17 Feb 12

Sam Langley and the Wright Brothers

Scholar, visionary, and Smithsonian insider, Sam P Langley, whose distinguished academic career had spanned many decades, became interested in manned flight about the same time as the Wright Brothers.

Langley, then in his sixties, experimented with miniature steam-engines to power his aircraft, later defaulting, as the Wright Brothers had, to then-new internal-combustion technology. His pioneering work caught the attention of the US Army, who, in 1898, issued a $50,000 (a fortune in those days) grant to Langley to produce a working, powered aircraft, with a human pilot. The Smithsonian dutifully acquiesced with an additional $20,000.

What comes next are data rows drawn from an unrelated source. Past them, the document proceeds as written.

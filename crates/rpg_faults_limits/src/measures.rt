//! Counts with limits, and limits that are exceeded.

ghost use Rattle.std.specs.Prelude.{◌≡◌};
ghost use Rattle.rpg_faults_limits.specs.Causes as causes;

use rpg_sheet_specs::ColumnRange;

/// What a limit counts.
#[derive(Clone, Copy)]
pub enum Limit {
    RecordTypes,
    /// Of a record type.
    Codes,
    /// Of a record type.
    ControlFields,
    /// Of a record type.
    InputFields,
    Lines,
    /// Of a line.
    Alternatives,
    /// Of an alternative.
    Conditions,
    /// Of a line.
    OutputFields,
    Calculations,
    Subroutines,
    Names,
    /// Bytes of all names.
    NameBytes,
    /// Bytes of names and constants.
    Bytes,
    /// Names and constants.
    Fields,
}

/// Which limit a card exceeds.
#[derive(Clone, Copy)]
pub enum LimitCause {
    /// A table or an array of this many entries.
    Entries(u16),
    /// The count including the card.
    Passed { limit: Limit, count: u64 },
}

impl LimitCause {
    /// Returns the columns of a card that the cause is about; None if the card as a whole is one too many.
    pub fn range(self) -> Option<ColumnRange>
        ensures { result ≡ causes.limit_range self }
    {
        match self {
            LimitCause::Entries(_) => Some(ColumnRange::Entries),
            LimitCause::Passed { .. } => None,
        }
    }
}

/// A count and its limit: before a card, and with it.
#[derive(Clone, Copy)]
pub struct Measure {
    pub limit: Limit,
    pub most: u64,
    pub before: u64,
    pub with: u64,
}

impl Measure {
    /// The cause, if the count is within its limit before the card and over it with the
    /// card.
    pub(crate) const fn cause(self) -> Option<LimitCause>
        ensures { result ≡ causes.of_count self }
    {
        if self.before <= self.most && self.most < self.with {
            let Measure { limit, with, .. } = self;
            Some(LimitCause::Passed { limit, count: with })
        } else {
            None
        }
    }
}

pub(crate) const fn counted(limit: Limit, most: u64, before: u64, with: u64) -> Measure
    ensures { result ≡ record { limit = limit; most = most; before = before; with = with } }
{
    Measure {
        limit,
        most,
        before,
        with,
    }
}

/// Returns the first count that exceeds its limit.
pub(crate) fn first_past(counts: &[Measure]) -> Option<LimitCause>
    ensures { result ≡ causes.first_past counts.now }
{
    for count in counts {
        let cause = count.cause();
        if cause.is_some() {
            return cause;
        }
    }
    None
}
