//! Counts of filled places.

ghost use Rattle.std.specs.Prelude.{◌≡◌, if◌then◌else◌};

pub(crate) fn one_if(is_there: bool) -> u64
    ensures { result ≡ (if is_there then 1 else 0) }
{
    u64::from(is_there)
}
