//! The counts of the open line.

ghost use Rattle.std.specs.Prelude.{ℕ, ◌+◌, ◌≤◌, [], ◌∷◌, ◌++◌, Option, length};
ghost use Rattle.rpg_cards.specs.Groups.{Group, open_group, output_card_role, output_role, with_card};
ghost use Rattle.rpg_faults_limits.specs.State.{HasFewOnLine, IsOpenLine};
ghost use Rattle.rpg_sheet_specs.specs.declared.output.OutputRecord.{OutputRecord};
ghost use Rattle.rpg_sheet_specs.specs.declared.output.OutputSpec.{OutputSpec};

use rpg_cards::SpecCard;
use rpg_sheet_specs::OutputSpec;

/// The alternatives, conditions of the last alternative, and fields of a line with its AND, OR and field cards; all 0 if none is open.
#[derive(Clone, Copy)]
pub struct OpenLine {
    pub is_open: bool,
    pub alternatives: u64,
    pub conditions: u64,
    pub fields: u64,
}

impl OpenLine {
    /// The counts before the first card.
    pub(crate) const NONE: OpenLine = OpenLine {
        is_open: false,
        alternatives: 0,
        conditions: 0,
        fields: 0,
    };

    /// Moves on to the next card, in place: most cards are of another sheet.
    pub(crate) fn pass(&mut self, before: &[SpecCard], card: &SpecCard)
        requires few_cards { length before.now ≤ 2000 }
        requires open { IsOpenLine (open_group output_role before.now) self.old }
        requires few { HasFewOnLine (length before.now) self.old }
        ensures open { IsOpenLine (open_group output_role (before.now ++ card.now ∷ [])) self.new }
        ensures few { HasFewOnLine (length before.now + 1) self.new }
    {
        if let Some(output) = card.output() {
            *self = self.with_output(output);
        }
    }

    fn with_output(self, output: &OutputSpec) -> Self
        requires { HasFewOnLine 2000 self }
        ensures open { (g : Option (Group OutputRecord OutputSpec)) → IsOpenLine g self → IsOpenLine (with_card g (output_card_role output.now)) result }
        ensures few { (n : ℕ) → HasFewOnLine n self → HasFewOnLine (n + 1) result }
    {
        match output {
            OutputSpec::Record(record) => OpenLine {
                is_open: true,
                alternatives: 1,
                conditions: record.conditions.filled(),
                fields: 0,
            },
            OutputSpec::And(conditions) if self.is_open => OpenLine {
                conditions: self.conditions + conditions.filled(),
                ..self
            },
            OutputSpec::Or(conditions) if self.is_open => OpenLine {
                alternatives: self.alternatives + 1,
                conditions: conditions.filled(),
                ..self
            },
            OutputSpec::Field(_) if self.is_open => OpenLine {
                fields: self.fields + 1,
                ..self
            },
            OutputSpec::And(_) | OutputSpec::Or(_) | OutputSpec::Field(_) => self,
        }
    }
}
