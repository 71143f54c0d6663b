//! The names and constants of cards, which take storage.

ghost use Rattle.std.specs.Prelude.{◌≡◌, ◌≤◌, length};
ghost use Rattle.std.specs.Bool.{OnTrue};
ghost use Rattle.rpg_cards.specs.Constants as constants;
ghost use Rattle.rpg_cards.specs.Names.{definitions};
ghost use Rattle.rpg_faults_limits.specs.Limits as limits;
ghost use Rattle.rpg_faults_limits.specs.State.{BeginsWith, KeepsStorage};

use rpg_card_index::IndexedCards;
use rpg_cards::SpecCard;
use rpg_symbols::Totals;

/// Whether all names and constants of a source are within the limits.
pub(crate) fn keeps_storage(source: &IndexedCards) -> bool
    requires { length source.now ≤ 2000 }
    ensures { OnTrue result (KeepsStorage source.now) }
{
    let names = all_names(source);
    let constants = source.all_constants();
    names.number + constants.number <= 4000 && names.bytes + constants.bytes <= 65535
}

/// Returns the totals of all names.
pub(crate) fn all_names(source: &IndexedCards) -> Totals
    requires { length source.now ≤ 2000 }
    ensures number { result.number ≡ limits.name_count source.now }
    ensures bytes { result.bytes ≡ limits.name_bytes source.now }
    ensures few { result.number ≤ 4002 }
    ensures few_bytes { result.bytes ≤ 17179869183970 }
{
    source.all_names()
}

/// Returns the totals of the names that the first cards define; `count` is the number of their definitions.
pub(crate) fn names_in(source: &IndexedCards, count: usize, front: &[SpecCard]) -> Totals
    requires few { length source.now ≤ 2000 }
    requires front { BeginsWith source.now front.now }
    requires count { count ≡ length (definitions front.now) }
    ensures number { result.number ≡ limits.name_count front.now }
    ensures bytes { result.bytes ≡ limits.name_bytes front.now }
    ensures few { result.number ≤ 4002 }
{
    let _ = front;
    source.name_totals(count)
}

/// Returns the totals of the constants of the first cards; `count` is the number of these with repetitions.
pub(crate) fn constants_in(source: &IndexedCards, count: usize, front: &[SpecCard]) -> Totals
    requires few { length source.now ≤ 2000 }
    requires front { BeginsWith source.now front.now }
    requires count { count ≡ length (constants.constants_in front.now) }
    ensures number { result.number ≡ length (constants.constants front.now) }
    ensures bytes { result.bytes ≡ limits.constant_bytes front.now }
    ensures few { result.number ≤ 4002 }
    ensures few_bytes { result.bytes ≤ 17179869183970 }
{
    let _ = front;
    source.constant_totals(count)
}
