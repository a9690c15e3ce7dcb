ghost use Rattle.std.specs.Prelude.{◌≡◌, ◌≤◌, ◌<◌, ◌^◌};
ghost use Rattle.lz_base.specs.Bits.{is_negative};
ghost use Rattle.v_meaning.specs.Senses.{extended, less};

use lz_base::mask;

/// Whether the top bit is 1.
pub fn is_negative(width: u32, value: u128) -> bool
    requires has_bit { 1 ≤ width }
    requires within { width ≤ 128 }
    ensures { result ≡ is_negative width value }
{
    (value >> (width - 1)) & 1 == 1
}

/// Whether a word is less than another one of its width. Where `signed`, a word whose top bit is 1 stands for its value
/// less 2 ^ width (IEEE Std 1364-2005, 5.1.7).
pub fn is_less(width: u32, signed: bool, left: u128, right: u128) -> bool
    requires has_bit { 1 ≤ width }
    requires within { width ≤ 128 }
    ensures { result ≡ less width signed left right }
{
    if signed && is_negative(width, left) != is_negative(width, right) {
        is_negative(width, left)
    } else {
        left < right
    }
}

/// A value of width `from` at the width `to`, which is not less: where `signed`, with copies of the top bit above it,
/// else with zeros (5.5.2).
#[tactic(auto, using(crate::proofs::Powers::power_grows))]
pub fn extend(from: u32, value: u128, to: u32, signed: bool) -> u128
    requires has_bit { 1 ≤ from }
    requires grows { from ≤ to }
    requires within { to ≤ 128 }
    requires fits { value < 2 ^ from }
    ensures value { result ≡ extended from value to signed }
    ensures below { result < 2 ^ to }
{
    if signed && is_negative(from, value) {
        value + (mask(to) - mask(from))
    } else {
        value
    }
}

The Army’s interest was in a durable and flexible battlefield observation platform. Until the advent of Isaac Lewis’ Light Machine Gun in 1909, few would imagine manned, powered aircraft as offensive weapons.

Engineer/designer Charles Manly, who had worked with Langley on the project, volunteered to be the world’s first “test pilot.” And, in 1903, Manley “took off” in Langley’s craft, dubbed the “Aerodrome” (loosely translated from Greek, “Air Runner”). Langley’s demonstration took place just two weeks prior to the Wright Brothers’ first successful flight at Kitty Hawk, NC

The Aerodrome had no landing gear and was actually launched via a catapult, sitting atop a houseboat on the Potomac River. The plan was to “land” on water.

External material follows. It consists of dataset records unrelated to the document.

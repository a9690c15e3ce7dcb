//! The netlist that a valid proposal makes of a network.
//!
//! Each line of the proposal becomes a look-up table, each carry gate a carry cell, and each literal that a flip-flop, an
//! output or a carry reads inverted becomes an inverter of its own. The crate stands on `m_valid`, which says what is
//! assembled and what is valid, on `g_net` for networks and proposals, and on `n_cells` for netlists.
//!
//! Promised: the netlist is the definition's, line by line, and realises the network.
#![tactic(auto)]

mod assembling;
mod draft;
mod ends;
mod gates;

pub use assembling::assemble;
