ghost use Rattle.std.specs.Prelude.{◌≡◌, IfOk};
ghost use Rattle.lz_machine.specs.Machine.{Realises};
ghost use Rattle.n_cells.specs.AsMachine.{netlist_machine};
ghost use Rattle.g_net.specs.AsMachine.{network_machine};
ghost use Rattle.m_valid.specs.declared.verdict.Verdict.TheVariants.{Valid};
ghost use Rattle.m_valid.specs.Assembly.{assembled};
ghost use Rattle.m_valid.specs.Validity.{verdict};
ghost use Rattle.m_assembly.specs.Cursor.{AreCuts};

use crate::draft::Draft;
use crate::ends::{clock_of, flops_of, input_ports, output_nets, output_ports};
use crate::gates::push_gates;
use g_net::{Line, Network, Proposal};
use lz_base::{Items, Name, OutOfMemory, Port};
use m_valid::assembly_agrees;
use n_cells::Netlist;
use n_parts::{Parts, make};
use std::alloc::Global;

// What a netlist has as its network has it.
#[derive(Drop)]
struct Front {
    name: Name,
    clock: Option<Name>,
    inputs: Items<Port>,
}

fn front_of(alloc: Global, network: &Network) -> Result<Front, OutOfMemory>
    ensures { IfOk result (λ front. front ≡ record { name = network.now.name; clock = network.now.clock; inputs = network.now.inputs }) }
{
    let inputs = input_ports(alloc, network.inputs())?;
    let clock = clock_of(alloc, network.clock())?;
    let name = network.name().copy(alloc)?;
    Ok(Front {
        name,
        clock,
        inputs,
    })
}

// The parts of the netlist that these lines make of a network.
fn parts_of(alloc: Global, network: &Network, lines: &[Line]) -> Result<Parts, OutOfMemory>
    requires { AreCuts 0 lines.now }
    ensures { IfOk result (λ parts. parts ≡ assembled network.now lines.now) }
{
    let mut draft = Draft::new(alloc, network)?;
    push_gates(&mut draft, lines, network.gates())?;
    let flops = flops_of(alloc, &mut draft, network.flips())?;
    let nets = output_nets(alloc, &mut draft, network)?;
    let outputs = output_ports(alloc, network)?;
    let Front {
        name,
        clock,
        inputs,
    } = front_of(alloc, network)?;
    Ok(Parts {
        name,
        clock,
        inputs,
        flops,
        cells: draft.into_cells(),
        outputs,
        nets,
    })
}

/// The netlist that a valid proposal makes of a network.
///
/// It has the network's name, clock, inputs and outputs, and a flip-flop for each of the network's. Its cells are, in the
/// order of the nodes, a look-up table for each line, over the nets of its leaves and with the low bits of its table, one
/// for each assignment of the leaves, and a carry cell for each carry gate; behind these come the inverters for flip-flops
/// and then those for outputs.
///
/// Each inverted literal that a carry, a flip-flop, by its data and then by its enable, or an output reads gives an
/// inverter of its own, which is a look-up table of one leaf; those of a carry come right before it. The literal 1 is the
/// net of the constant 1 and gives none.
///
/// It takes work that is linear in network and proposal. `OutOfMemory` is the only other answer.
pub fn assemble(
    alloc: Global,
    network: &Network,
    proposal: &Proposal,
) -> Result<Netlist, OutOfMemory>
    requires valid { verdict network.now proposal.now.lines 6 ≡ Valid }
    ensures netlist { IfOk result (λ n. n ≡ assembled network.now proposal.now.lines) }
    ensures realises { IfOk result (λ n. Realises (network_machine network.now) (netlist_machine n)) }
{
    assembly_agrees();
    let _gates = network.gates();
    let parts = parts_of(alloc, network, proposal.lines.as_slice())?;
    let netlist = make(alloc, parts)?;
    Ok(netlist)
}
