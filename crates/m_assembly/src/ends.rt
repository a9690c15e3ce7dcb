ghost use Rattle.std.specs.Prelude.{◌≡◌, ◌<◌, length, map, slice_get, Some, IfOk, OnOk};
ghost use Rattle.std.specs.Option.{option_copied, option_map};
ghost use Rattle.g_net.specs.AsMachine.{port_of};
ghost use Rattle.m_valid.specs.Assembly.{after_flips, after_outputs, flops_of, nets_of, output_nets, with_inverters};

use crate::draft::Draft;
use g_net::{Flip, Network};
use lz_base::{Items, Name, Num, OutOfMemory, Port};
use n_cells::Flop;
use std::alloc::Global;

/// The name of the clock again, where there is one.
pub(crate) fn clock_of(alloc: Global, clock: Option<&Name>) -> Result<Option<Name>, OutOfMemory>
    ensures { IfOk result (λ n. n ≡ option_copied clock.entry) }
{
    match clock {
        Some(name) => Ok(Some(name.copy(alloc)?)),
        None => Ok(None),
    }
}

/// The inputs again.
pub(crate) fn input_ports(alloc: Global, inputs: &[Port]) -> Result<Items<Port>, OutOfMemory>
    ensures { IfOk result (λ ports. ports ≡ inputs.now) }
{
    let mut ports = Items::new(alloc);
    for input in inputs {
        let name = input.name.copy(alloc)?;
        ports.push(Port {
            name,
            width: input.width,
        })?;
    }
    Ok(ports)
}

/// The flip-flops over nets. Each may give an inverter for its data, and then one for its enable.
pub(crate) fn flops_of(
    alloc: Global,
    draft: &mut Draft,
    flips: &[Flip],
) -> Result<Items<Flop>, OutOfMemory>
    ensures made { OnOk result (draft.new ≡ after_flips draft.old flips.now) }
    ensures flops { IfOk result (λ flops. flops ≡ flops_of draft.old flips.now) }
{
    let mut flops = Items::new(alloc);
    for flip in flips {
        let net = draft.net(flip.literal)?;
        let enable = draft.net(flip.enable)?;
        flops.push(Flop {
            first: flip.first,
            net,
            enable,
        })?;
    }
    Ok(flops)
}

// The nets of literals, each inverted one of which gives an inverter.
fn nets_of(alloc: Global, draft: &mut Draft, literals: &[Num]) -> Result<Items<Num>, OutOfMemory>
    ensures made { OnOk result (draft.new ≡ with_inverters draft.old literals.now) }
    ensures nets { IfOk result (λ nets. nets ≡ nets_of draft.old literals.now) }
{
    let mut nets = Items::new(alloc);
    for literal in literals {
        let net = draft.net(*literal)?;
        nets.push(net)?;
    }
    Ok(nets)
}

/// The nets of each output.
pub(crate) fn output_nets(
    alloc: Global,
    draft: &mut Draft,
    network: &Network,
) -> Result<Items<Items<Num>>, OutOfMemory>
    ensures made { OnOk result (draft.new ≡ after_outputs draft.old network.now.outputs) }
    ensures nets { IfOk result (λ nets. nets ≡ output_nets draft.old network.now.outputs) }
{
    let mut all = Items::new(alloc);
    for i in 0..network.output_count() {
        let nets = nets_of(alloc, draft, network.output_literals(i))?;
        all.push(nets)?;
    }
    Ok(all)
}

// The output at an index as a port.
fn port_at(alloc: Global, network: &Network, index: usize) -> Result<Port, OutOfMemory>
    requires { index < length network.now.outputs }
    ensures { IfOk result (λ port. option_map port_of (slice_get network.now.outputs index) ≡ Some port) }
{
    let name = network.output_name(index).copy(alloc)?;
    let width = network.output_literals(index).len() as u32;
    Ok(Port { name, width })
}

/// The outputs as ports.
pub(crate) fn output_ports(alloc: Global, network: &Network) -> Result<Items<Port>, OutOfMemory>
    ensures { IfOk result (λ ports. ports ≡ map port_of network.now.outputs) }
{
    let mut ports = Items::new(alloc);
    for i in 0..network.output_count() {
        let port = port_at(alloc, network, i)?;
        ports.push(port)?;
    }
    Ok(ports)
}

However, the Aerodrome unceremoniously crashed on takeoff, plunging, head-first into the water, “like a handful of mortar,” according to local newspapers. A hasty second attempt similarly ended in failure, this time destroying the Aerodrome completely. Manley emerged both times with only superficial injuries, but the press, as expected, made great mockery of the brave experiment, and several members of Congress expressed outrage that federal funds had been so frivolously expended.

In any event, Langley’s experiment was at an ignominious end. Langley himself died barely more than two years later. A decade after his death, Langley’s experiment would generate a bitter feud between the Smithsonian and surviving Wright Brother, Orville.

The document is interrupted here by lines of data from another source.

ghost use Rattle.std.specs.Prelude.{◌≡◌, ◌≤◌, length, IfSome, OnOk};
ghost use Rattle.std.specs.Option.{option_copied};
ghost use Rattle.n_cells.specs.Leaves.{most_leaves};
ghost use Rattle.m_valid.specs.Assembly.{with_gate, with_gates};
ghost use Rattle.m_assembly.specs.Cursor.{AreCuts, first_line, from_root};

use crate::draft::Draft;
use g_net::{Gate, Line};
use lz_base::{Num, OutOfMemory};

// The lines from the first on whose root is at least this number.
fn from_root(lines: &[Line], number: Num) -> &[Line]
    ensures { result.now ≡ from_root number lines.now }
{
    let mut rest = lines;
    while let Some((line, more)) = rest.split_first() {
        if number <= line.root {
            return rest;
        }
        rest = more;
    }
    rest
}

// The first line, where it is that of this node.
fn first_line(lines: &[Line], node: Num) -> Option<&Line>
    requires { AreCuts node lines.now }
    ensures first { option_copied result ≡ first_line lines.now node }
    ensures few { IfSome result (λ l. length l.now.leaves ≤ most_leaves) }
{
    let (line, _) = lines.split_first()?;
    if line.root == node { Some(line) } else { None }
}

// Appends what a gate gives, where the lines are those from its node on.
fn push_gate(draft: &mut Draft, lines: &[Line], gate: Gate) -> Result<(), OutOfMemory>
    requires { AreCuts (length draft.old.nets) lines.now }
    ensures { OnOk result (draft.new ≡ with_gate lines.now draft.old gate) }
{
    let node = draft.node();
    match gate {
        Gate::And(_, _) => draft.push_root(first_line(lines, node)),
        Gate::Xor(_, _) => draft.push_root(first_line(lines, node)),
        Gate::Carry(a, b, c) => draft.push_sum(a, b, c),
    }
}

/// Appends what gates give. The lines are in the order of their roots, and none has more leaves than a look-up table.
pub(crate) fn push_gates(
    draft: &mut Draft,
    lines: &[Line],
    gates: &[Gate],
) -> Result<(), OutOfMemory>
    requires { AreCuts 0 lines.now }
    ensures { OnOk result (draft.new ≡ with_gates lines.now draft.old gates.now) }
{
    let mut rest = lines;
    for gate in gates {
        rest = from_root(rest, draft.node());
        push_gate(draft, rest, *gate)?;
    }
    Ok(())
}
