ghost use Rattle.std.specs.Prelude.{◌≡◌, ◌≤◌, ◌+◌, ◌-◌, ◌%◌, ◌^◌, ◌<◌, ◌++◌, [], ◌∷◌, map, slice_index, length, IfOk, IfSome, OnOk};
ghost use Rattle.std.specs.Option.{option_copied};
ghost use Rattle.g_net.specs.Network.{source_bits};
ghost use Rattle.n_cells.specs.Leaves.{most_leaves};
ghost use Rattle.n_cells.specs.declared.netlist.Stored.TheVariants as stored;
ghost use Rattle.m_valid.specs.Assembly.{numbers, sources, with_inverter, with_root, with_carry, with_sum, net_of};

use g_net::{Line, Network};
use lz_base::{Items, Num, OutOfMemory};
use n_cells::{LEAVES, Leaves};
use n_parts::Piece;
use std::alloc::Global;
use std::marker::Model;

/// What is assembled so far: the net of each node that was visited, where it has one, and else 0; the cells in order; and
/// the number of the net that comes next.
#[derive(Drop)]
pub(crate) struct Draft {
    nets: Items<Num>,
    cells: Items<Piece>,
    next: Num,
}

impl Model for Draft {
    ghost use Rattle.m_valid.specs.Assembly.{Assembled};

    ghost Value = { Assembled };

    ghost use Rattle.m_assembly.specs.Views.{draft_value};

    ghost view = { draft_value };
}

// The number of the net behind so many more. More nets than there are numbers for are taken for want of memory.
fn net_after(next: Num, more: Num) -> Result<Num, OutOfMemory>
    ensures { IfOk result (λ n. n ≡ next + more) }
{
    match next.checked_add(more) {
        Some(after) => Ok(after),
        None => Err(OutOfMemory),
    }
}

// The number of the first net behind the constants, the inputs and the flip-flops.
fn first_net(network: &Network) -> Result<Num, OutOfMemory>
    ensures { IfOk result (λ first. first ≡ 2 + source_bits network.now) }
{
    let mut next = 2;
    for port in network.inputs() {
        next = net_after(next, port.width as Num)?;
    }
    net_after(next, network.flips().len() as Num)
}

// The nets of the constant, the inputs and the flip-flops, behind which this one comes first.
fn source_nets(alloc: Global, first: Num) -> Result<Items<Num>, OutOfMemory>
    requires { 2 ≤ first }
    ensures { IfOk result (λ nets. nets ≡ 0 ∷ numbers 2 (first - 2)) }
{
    let mut nets = Items::new(alloc);
    nets.push(0)?;
    for net in 2..first {
        nets.push(net)?;
    }
    Ok(nets)
}

// The net of a node. A number of no node is read as the constant 0.
fn net_at(nets: &[Num], node: Num) -> Num
    ensures { result ≡ slice_index nets.now node }
{
    if node < nets.len() as Num {
        nets[node as usize]
    } else {
        0
    }
}

// The nets of leaves.
fn leaf_nets(nets: &[Num], leaves: &[Num]) -> Leaves
    requires { length leaves.now ≤ most_leaves }
    ensures { result ≡ map (slice_index nets.now) leaves.now }
{
    let mut made = [0; LEAVES];
    for (i, leaf) in leaves.iter().enumerate() {
        made[i] = net_at(nets, *leaf);
    }
    Leaves::new(&made[..leaves.len()])
}

// How many bits a table over so many leaves has.
fn table_bits(leaves: usize) -> u32
    requires { leaves < 6 }
    ensures count { result ≡ 2 ^ leaves }
    ensures few { result ≤ 32 }
{
    1 << leaves
}

// The low bits of a table, one for each assignment of so many leaves.
fn cut_table(table: u64, leaves: usize) -> u64
    ensures { result ≡ table % 2 ^ (2 ^ leaves) }
{
    if leaves < 6 {
        table % (1 << table_bits(leaves))
    } else {
        table
    }
}

impl Draft {
    /// The constant, the inputs and the flip-flops of a network, and no cell.
    pub(crate) fn new(alloc: Global, network: &Network) -> Result<Draft, OutOfMemory>
        ensures { IfOk result (λ d. d ≡ sources network.now) }
    {
        let next = first_net(network)?;
        let nets = source_nets(alloc, next)?;
        Ok(Draft {
            nets,
            cells: Items::new(alloc),
            next,
        })
    }

    /// The cells that were made.
    pub(crate) fn into_cells(self) -> Items<Piece>
        ensures { result ≡ self.cells }
    {
        let Draft {
            nets: _,
            cells,
            next: _,
        } = self;
        cells
    }

    /// The number of nodes that were visited, which is that of the next node.
    pub(crate) fn node(&self) -> Num
        ensures { result ≡ length self.now.nets }
    {
        self.nets.len() as Num
    }

    // Appends a cell of so many nets, and gives its first net.
    fn push_cell(&mut self, cell: Piece, nets: Num) -> Result<Num, OutOfMemory>
        ensures made { OnOk result (self.new ≡ record { nets = self.old.nets; cells = self.old.cells ++ cell ∷ []; next = self.old.next + nets }) }
        ensures first { IfOk result (λ net. net ≡ self.old.next) }
    {
        let first = self.next;
        let next = net_after(first, nets)?;
        self.cells.push(cell)?;
        self.next = next;
        Ok(first)
    }

    // Appends an inverter of a net, and gives its net.
    fn push_inverter(&mut self, net: Num) -> Result<Num, OutOfMemory>
        ensures made { OnOk result (self.new ≡ record { nets = self.old.nets; cells = self.old.cells ++ stored.Lut (net ∷ []) 1 ∷ []; next = self.old.next + 1 }) }
        ensures first { IfOk result (λ made. made ≡ self.old.next) }
    {
        self.push_cell(Piece::lut(Leaves::new(&[net]), 1), 1)
    }

    /// The net of a literal, for which it appends an inverter where the literal is odd and not the constant 1.
    pub(crate) fn net(&mut self, literal: Num) -> Result<Num, OutOfMemory>
        ensures made { OnOk result (self.new ≡ with_inverter self.old literal) }
        ensures net { IfOk result (λ net. net ≡ net_of self.old literal) }
    {
        if literal == 1 {
            return Ok(1);
        }
        let net = net_at(self.nets.as_slice(), literal / 2);
        if literal % 2 == 1 {
            self.push_inverter(net)
        } else {
            Ok(net)
        }
    }

    /// Appends the look-up table of a root's line, of which the low bits alone count: one for each assignment of the
    /// leaves. A node without a line gives no cell, and its net is never read.
    pub(crate) fn push_root(&mut self, line: Option<&Line>) -> Result<(), OutOfMemory>
        requires { IfSome line (λ l. length l.now.leaves ≤ most_leaves) }
        ensures { OnOk result (self.new ≡ with_root self.old (option_copied line.entry)) }
    {
        let Some(line) = line else {
            self.nets.push(0)?;
            return Ok(());
        };
        let leaves = line.leaves.as_slice();
        let nets = leaf_nets(self.nets.as_slice(), leaves);
        let table = cut_table(line.table, leaves.len());
        let net = self.push_cell(Piece::lut(nets, table), 1)?;
        self.nets.push(net)?;
        Ok(())
    }

    // Appends a carry cell over nets, which has the nets of two nodes.
    fn push_carry(&mut self, a: Num, b: Num, c: Num) -> Result<(), OutOfMemory>
        ensures { OnOk result (self.new ≡ with_carry self.old a b c) }
    {
        let net = self.push_cell(Piece::carry(a, b, c), 2)?;
        self.nets.push(net)?;
        self.nets.push(net_after(net, 1)?)?;
        Ok(())
    }

    /// Appends a carry cell over literals. Each inverted one gives an inverter of its own before it.
    pub(crate) fn push_sum(&mut self, a: Num, b: Num, c: Num) -> Result<(), OutOfMemory>
        ensures { OnOk result (self.new ≡ with_sum self.old a b c) }
    {
        let first = self.net(a)?;
        let second = self.net(b)?;
        let third = self.net(c)?;
        self.push_carry(first, second, third)
    }
}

The real disaster, however, was the Army’s embarrassment and disappointment over this failed project. The result was a nearly complete loss of interest on the part of the Army’s high command in powered, manned aircraft for the next decade, putting the US in a technologically retarded position at the beginning of WWI. Both the British and Germans were far ahead. The US, once again, had to play catch-up!

“You can be bold and risk defeat, or be passive and assure it!”

Poker Players’ Axiom

“Everyone wants “progress,” but no one wants anything to change!”